What are the search optimizations possible without scoring?

Hi guys,

I have 30 terabytes of Elasticsearch data spread across 11 nodes. Each index is separated by month and has 5 primary shards with 5 replica shards. Some shards are big (over 200G) and some are small (less than 10G). However, I want to search quickly across all data (right now, it takes more than a minute to finish and the loads of all nodes would be maximized by a single 6-word search query). Another search on top of it would make the time 2-3 minutes.

I was thinking to have 12 nodes and each 2 nodes contain a node that has one-year worth of data for primary and another node for the replicas. I'm hoping that way, the data can be cached better for searches and there would be less communication necessary between nodes. By default, it search all data but it is also possible to search for just last year or last two years.

However, my nodes don't have very big memory (around 32G per node, half of it is for heap).
Do you guys think this is a good approach? If not, what else can I do to improve the search time?

Thanks in advance!

What kind of queries are you running? Have these been optimised? Are there any patterns in your queries, e.g. they typically search per user, that can be used to optimise access patterns? Given the amount of data per node storage performance is likely going to be very important. Are you using locally attached SSDs?

Hi Christian, thanks for the response!

I'm running Indices query and the inner two queries are query_string with about 12 and 15 fields for two groups of indices in both inner queries respectively.
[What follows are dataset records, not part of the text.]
//! What is known of stored trees.
ghost use Rattle.std.specs.Prelude.{◌≡◌, if◌then◌else◌, OnOk};
ghost use Rattle.std.specs.FinMap as map;
ghost use Rattle.tree_walk.specs.KnownTrees.{put_known};

use crate::contents::are_one;
use crate::extent::Extent;
use crate::reading::fs_key;
use ids::{IdList, Key, KeyTable, ObjId};
use std::alloc::{AllocError, Global};
use std::marker::Model;
use tree_model::MAX_PATHS;

/// Directories that are known to be whole, each with the number of paths below it and the greatest number of names that one
/// of them has; and files that are known to be whole.
///
/// It is of one store. Objects that are added to that store leave it right. Before an object leaves it is to be forgotten; or
/// kept for commits that don't need that object.
#[derive(Drop)]
pub struct Known {
    alloc: Global,
    /// What was learned since the rest was kept.
    directories: KeyTable<Extent>,
    files: KeyTable<()>,
    kept_directories: KeyTable<Extent>,
    kept_files: KeyTable<()>,
    /// The commits that need what was kept.
    commits: IdList,
}

impl Model for Known {
    ghost use Rattle.tree_walk.specs.KnownTrees.{KnownView, known_code};

    ghost Value = { KnownView };

    ghost coded = { known_code };

    ghost view = { λ a. record { directories = a.directories; files = a.files; kept_directories = a.kept_directories; kept_files = a.kept_files; commits = a.commits } };
}

impl Known {
    ghost use Rattle.std.specs.Prelude.{◌≡◌, ◌⊎◌, ◌≤◌, if◌then◌else◌, IfOk, IfSome, is_some, None, Some};
    ghost use Rattle.std.specs.FinMap as map;
    ghost use Rattle.ids.specs.declared.key.Key.{Key};
    ghost use Rattle.object_graph.specs.Objects.{fs_key};
    ghost use Rattle.object_graph.specs.Traversal.{is_in};
    ghost use Rattle.tree_model.specs.declared.limits.TheConstants.{MAX_PATHS};
    ghost use Rattle.tree_walk.specs.Checking.{IsWithin};
    ghost use Rattle.tree_walk.specs.KnownTrees.{KeepsFor, extent_known, file_known, nothing_known, with_directory, with_file};

    /// Nothing. It takes no memory.
    pub fn new(alloc: Global) -> Known
        ensures value { result ≡ nothing_known }
    {
        Known {
            alloc,
            directories: KeyTable::new(alloc),
            files: KeyTable::new(alloc),
            kept_directories: KeyTable::new(alloc),
            kept_files: KeyTable::new(alloc),
            commits: IdList::new(alloc),
        }
    }

    /// Forgets all.
    pub fn forget(&mut self)
        ensures value { self.new ≡ nothing_known }
    {
        self.directories = KeyTable::new(self.alloc);
        self.files = KeyTable::new(self.alloc);
        self.kept_directories = KeyTable::new(self.alloc);
        self.kept_files = KeyTable::new(self.alloc);
        self.commits = IdList::new(self.alloc);
    }

    /// Keeps for commits, of what is known, what is among these keys, and forgets the rest. They are to be keys that the commits
    /// need. What was kept for the same commits stays, and isn't gone over again. Where there is no memory for it all is forgotten.
    pub fn keep(&mut self, commits: &[ObjId], keys: &[Key])
        ensures value { KeepsFor commits.now keys.now self.old self.new ⊎ (self.new ≡ nothing_known) }
    {
        if are_one(self.commits.slice(), commits) {
            self.directories = KeyTable::new(self.alloc);
            self.files = KeyTable::new(self.alloc);
            return;
        }
        match self.among(commits, keys) {
            Ok(kept) => {
                *self = kept;
                return;
            }
            Err(_) => {
                self.forget();
                return;
            }
        }
    }

    /// What of it is among these keys, as kept for these commits.
    fn among(&self, commits: &[ObjId], keys: &[Key]) -> Result<Known, AllocError>
        ensures value { IfOk result (KeepsFor commits.now keys.now self.now) }
    {
        let commits = IdList::copy(self.alloc, commits)?;
        let kept_directories = self.directories_among(keys)?;
        let kept_files = self.files_among(keys)?;
        Ok(Known {
            alloc: self.alloc,
            directories: KeyTable::new(self.alloc),
            files: KeyTable::new(self.alloc),
            kept_directories,
            kept_files,
            commits,
        })
    }

    /// The directories among these keys that are known.
    fn directories_among(&self, keys: &[Key]) -> Result<KeyTable<Extent>, AllocError>
        ensures value { IfOk result (λ among. (key : Key) → map.get among key ≡ (if is_in keys.now key then extent_known self.now key else None)) }
    {
        let mut among = KeyTable::new(self.alloc);
        for key in keys {
            put_extent(&mut among, key, self.extent(key))?;
        }
        Ok(among)
    }

    /// The files among these keys that are known.
    fn files_among(&self, keys: &[Key]) -> Result<KeyTable<()>, AllocError>
        ensures value { IfOk result (λ among. (key : Key) → map.get among key ≡ (if is_in keys.now key then file_known self.now key else None)) }
    {
        let mut among = KeyTable::new(self.alloc);
        for key in keys {
            put_file(&mut among, key, self.has(key))?;
        }
        Ok(among)
    }

    /// What lies below the directory of a key, if it is known.
    fn extent(&self, key: &Key) -> Option<Extent>
        ensures value { result ≡ extent_known self.now key.now }
    {
        match self.directories.get(key) {
            Some(extent) => return Some(*extent),
            None => {}
        }
        match self.kept_directories.get(key) {
            Some(extent) => Some(*extent),
            None => None,
        }
    }

    /// Whether the file of a key is known.
    fn has(&self, key: &Key) -> bool
        ensures value { result ≡ is_some (file_known self.now key.now) }
    {
        if self.files.has(key) {
            return true;
        }
        self.kept_files.has(key)
    }

    /// What lies below a directory that is known, where it is within the limits at its place.
    pub(crate) fn fitting(&self, id: &ObjId, room: u32, paths: u64) -> Option<Extent>
        requires few { paths ≤ MAX_PATHS }
        ensures value { IfSome result (λ extent. extent_known self.now (fs_key id.now) ≡ Some extent) }
        ensures bound { IfSome result (IsWithin room paths) }
    {
        match self.extent(&fs_key(id)) {
            Some(extent) => if extent.deep <= room && extent.paths <= MAX_PATHS as u64 - paths {
                Some(extent)
            } else {
                None
            },
            None => None,
        }
    }

    /// Whether a file is known.
    pub(crate) fn has_file(&self, id: &ObjId) -> bool
        ensures value { result ≡ is_some (file_known self.now (fs_key id.now)) }
    {
        self.has(&fs_key(id))
    }

    /// Keeps what lies below a directory, where there is memory for it.
    pub(crate) fn learn(&mut self, id: &ObjId, extent: Extent)
        ensures value { (self.new ≡ self.old) ⊎ (self.new ≡ with_directory self.old id.now extent) }
    {
        match self.directories.insert(fs_key(id), extent) {
            Ok(_) => {}
            Err(_) => {}
        }
    }

    /// Keeps that a file is whole, where there is memory for it.
    pub(crate) fn learn_file(&mut self, id: &ObjId)
        ensures value { (self.new ≡ self.old) ⊎ (self.new ≡ with_file self.old id.now) }
    {
        match self.files.put(fs_key(id), ()) {
            Ok(()) => {}
            Err(_) => {}
        }
    }
}

/// Puts what lies below the directory of a key into a table, if it is known.
fn put_extent(
    among: &mut KeyTable<Extent>,
    key: &Key,
    extent: Option<Extent>,
) -> Result<(), AllocError>
    ensures ok { OnOk result (among.new ≡ put_known among.old key.now extent) }
{
    match extent {
        Some(extent) => among.put(*key, extent),
        None => Ok(()),
    }
}

/// Puts the key of a file into a table, if it is known.
fn put_file(among: &mut KeyTable<()>, key: &Key, is_known: bool) -> Result<(), AllocError>
    ensures ok { OnOk result (among.new ≡ (if is_known then map.insert among.old key.now tt else among.old)) }
{
    if is_known {
        return among.put(*key, ());
    }
    Ok(())
}
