//! Tables of keys that are known.
ghost use Rattle.std.specs.Prelude.{IfOk};
ghost use Rattle.tree_walk.specs.Known.{Knows};

use ids::{Key, KeyTable};
use std::alloc::{AllocError, Global};

/// The table of some keys.
pub fn table_of(alloc: Global, keys: &[Key]) -> Result<KeyTable<()>, AllocError>
    ensures value { IfOk result (Knows keys.now) }
{
    let mut known = KeyTable::new(alloc);
    for key in keys {
        known.put(*key, ())?;
    }
    Ok(known)
}
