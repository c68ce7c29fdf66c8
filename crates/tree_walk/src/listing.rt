//! The entries of a tree by path.
ghost use Rattle.tree_model.specs.declared.limits.TheConstants.{MAX_NAMES, MAX_PATHS};
ghost use Rattle.std.specs.Prelude.{◌≡◌, ◌≤◌, ◌+◌, false, IfOk, OnOk, Some, length};
ghost use Rattle.std.specs.FinMap as map;
ghost use Rattle.ids.specs.Key.{Objects};
ghost use Rattle.object_graph.specs.Listing.{listed};
ghost use Rattle.object_graph.specs.Objects.{AreEntriesOf};
ghost use Rattle.object_graph.specs.Traversal.{start, walk_root};
ghost use Rattle.object_store.specs.StoreView.{objects_of};
ghost use Rattle.tree_walk.specs.Limits.{IsWithinLimits};
ghost use Rattle.tree_walk.specs.Listings.{Lists, listed_one, listed_from};
ghost use Rattle.tree_walk.specs.Reading.{Answers, Reads};
ghost use Rattle.tree_walk.specs.Steps.{directory_step, entries_step, entry_step};

use crate::fault::WalkFault;
use crate::file::file_at;
use crate::found::Found;
use crate::name_order::in_name_order;
use crate::reading::fs_at;
use fs_objects::{Dirent, FsObject, is_directory_mode};
use ids::ObjId;
use object_graph::Entry;
use object_store::{Shelf, Store, StoreFault};
use std::alloc::{AllocError, Global};
use tree_model::{MAX_NAMES, MAX_PATHS, Path, PathTable};

/// The entries of a root, each at its path. Forty zeros are the empty directory.
///
/// It visits no blocks: of a file it looks at the object alone. The first fault in the order of the traversal is answered.
pub fn tree<S: Shelf>(
    alloc: Global,
    store: &mut Store<S>,
    root: ObjId,
) -> Result<PathTable<Entry>, WalkFault>
    ensures value { (objects : Objects) → objects_of S.contents store.old ≡ Some objects
        → Answers objects (walk_root false objects root start).fault (AreEntriesOf objects root) result }
    ensures bound { IfOk result IsWithinLimits }
    ensures stays { Reads S.contents S.may_give S.texts S.faults store.old store.new result }
{
    let mut found = Found::new(alloc);
    let path = Path::root(alloc);
    match list_directory(alloc, store, &path, &root, MAX_NAMES as u32, &mut found) {
        Ok(()) => {}
        Err(fault) => return Err(fault),
    }
    match table_of(alloc, found.into_entries()) {
        Ok(entries) => Ok(entries),
        Err(_) => Err(WalkFault::Store(StoreFault::NoMemory)),
    }
}

/// The entries in a table. Of a path that stands twice the first entry stays.
fn table_of(alloc: Global, found: Vec<(Path, Entry)>) -> Result<PathTable<Entry>, AllocError>
    ensures value { IfOk result (λ entries. entries ≡ map.from_entries found.items) }
{
    let mut found = found;
    let mut entries = PathTable::new(alloc);
    while let Some((path, entry)) = found.pop() {
        put(&mut entries, path, entry)?;
    }
    Ok(entries)
}

/// Puts an entry into the table, in the place of one that stands at its path.
fn put(entries: &mut PathTable<Entry>, path: Path, entry: Entry) -> Result<(), AllocError>
    ensures ok { OnOk result (entries.new ≡ map.insert entries.old path entry) }
{
    match entries.insert(path, entry) {
        Ok(_) => Ok(()),
        Err(failed) => Err(failed),
    }
}

/// Adds what lies below a directory to what was found.
#[cycle(listing)]
fn list_directory<S: Shelf>(
    alloc: Global,
    store: &mut Store<S>,
    path: &Path,
    id: &ObjId,
    room: u32,
    found: &mut Found,
) -> Result<(), WalkFault>
    requires fits { length path.now + room ≤ MAX_NAMES }
    ensures value { (objects : Objects) → objects_of S.contents store.old ≡ Some objects
        → Lists objects (directory_step false objects room path.now id.now) path.now (listed objects room id.now) found.old found.new result }
    ensures stays { Reads S.contents S.may_give S.texts S.faults store.old store.new result }
{
    if id.is_nil() {
        return Ok(());
    }
    let object = match fs_at(alloc, store, id) {
        Ok(object) => object,
        Err(fault) => return Err(fault),
    };
    let directory = match object {
        FsObject::File(_) => return Err(WalkFault::WrongKind(*id)),
        FsObject::Dir(directory) => directory,
    };
    match in_name_order(alloc, directory) {
        Ok(entries) => list_entries(alloc, store, path, entries.as_slice(), room, found),
        Err(_) => Err(WalkFault::Store(StoreFault::NoMemory)),
    }
}

/// Adds each of these entries, and what lies below it, to what was found.
#[cycle(listing)]
fn list_entries<S: Shelf>(
    alloc: Global,
    store: &mut Store<S>,
    path: &Path,
    entries: &[Dirent],
    room: u32,
    found: &mut Found,
) -> Result<(), WalkFault>
    requires fits { length path.now + room ≤ MAX_NAMES }
    ensures value { (objects : Objects) → objects_of S.contents store.old ≡ Some objects
        → Lists objects (entries_step false objects room path.now entries.now) path.now (listed_from objects room entries.now) found.old found.new result }
    ensures stays { Reads S.contents S.may_give S.texts S.faults store.old store.new result }
{
    for entry in entries {
        match list_entry(alloc, store, path, entry, room, found) {
            Ok(()) => {}
            Err(fault) => return Err(fault),
        }
    }
    Ok(())
}

/// Adds an entry, and what lies below it, to what was found.
#[cycle(listing)]
fn list_entry<S: Shelf>(
    alloc: Global,
    store: &mut Store<S>,
    path: &Path,
    entry: &Dirent,
    room: u32,
    found: &mut Found,
) -> Result<(), WalkFault>
    requires fits { length path.now + room ≤ MAX_NAMES }
    ensures value { (objects : Objects) → objects_of S.contents store.old ≡ Some objects
        → Lists objects (entry_step false objects room path.now entry.now) path.now (listed_one objects room entry.now) found.old found.new result }
    ensures stays { Reads S.contents S.may_give S.texts S.faults store.old store.new result }
{
    let count = found.len();
    if count >= MAX_PATHS {
        return Err(WalkFault::TooMany(count as u64 + 1));
    }
    if room == 0 {
        return Err(WalkFault::TooDeep(path.child(alloc, &entry.name)?));
    }
    found.add(alloc, path, entry)?;
    if is_directory_mode(entry.mode) {
        let own = path.child(alloc, &entry.name)?;
        list_directory(alloc, store, &own, &entry.id, room - 1, found)
    } else {
        match file_at(alloc, store, &entry.id) {
            Ok(_) => Ok(()),
            Err(fault) => Err(fault),
        }
    }
}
They search for keywords that would appear in those fields. The nodes are powered by VMware on SSDs (dedicated cloud servers). Each node has approximately a little more than 3TB of data.

I'm not sure if the queries have been optimized by generally it looks like this:

{
  "query": {
    "indices": {
      "indices": [
        "a*"
      ],
      "query": {
        "bool": {
          "filter": [
            {
              "range": {
                "timestamp": {
                  "gte": "1990-01-01T00:00:00"
                }
              }
            },
            {
              "query": {
                "query_string": {
                  "query": "some random query by user",
                  "lenient": true,
                  "analyze_wildcard": false,
                  "fields": [
                    "o",
                    "p",
                    "q",
                    "r",
                    "s",
                    "t",
                    "u",
                    "v",
                    "w"
                  ]
                }
              }
            }
          ]
        }
      },
      "no_match_query": {
        "bool": {
          "filter": [
            {
              "range": {
                "created_at": {
                  "gte": 631152000
                }
              }
            },
            {
              "query": {
                "query_string": {
                  "query": "some random query by user",
                  "lenient": true,
                  "analyze_wildcard": true,
                  "fields": [
                    "a",
                    "b",
                    "c",
                    "d",
                    "e",
                    "f",
                    "g",
                    "h",
                    "i",
                    "j",
                    "k",
                    "l",
                    "m",
                    "n"
                  ],
                  "analyzer": "standard"
                }
              }
            }
          ]
        }
      }
    }
  }
}

There is no pattern in the search. We just have find keywords within the documents' fields.

This topic was automatically closed 28 days after the last reply. New replies are no longer allowed.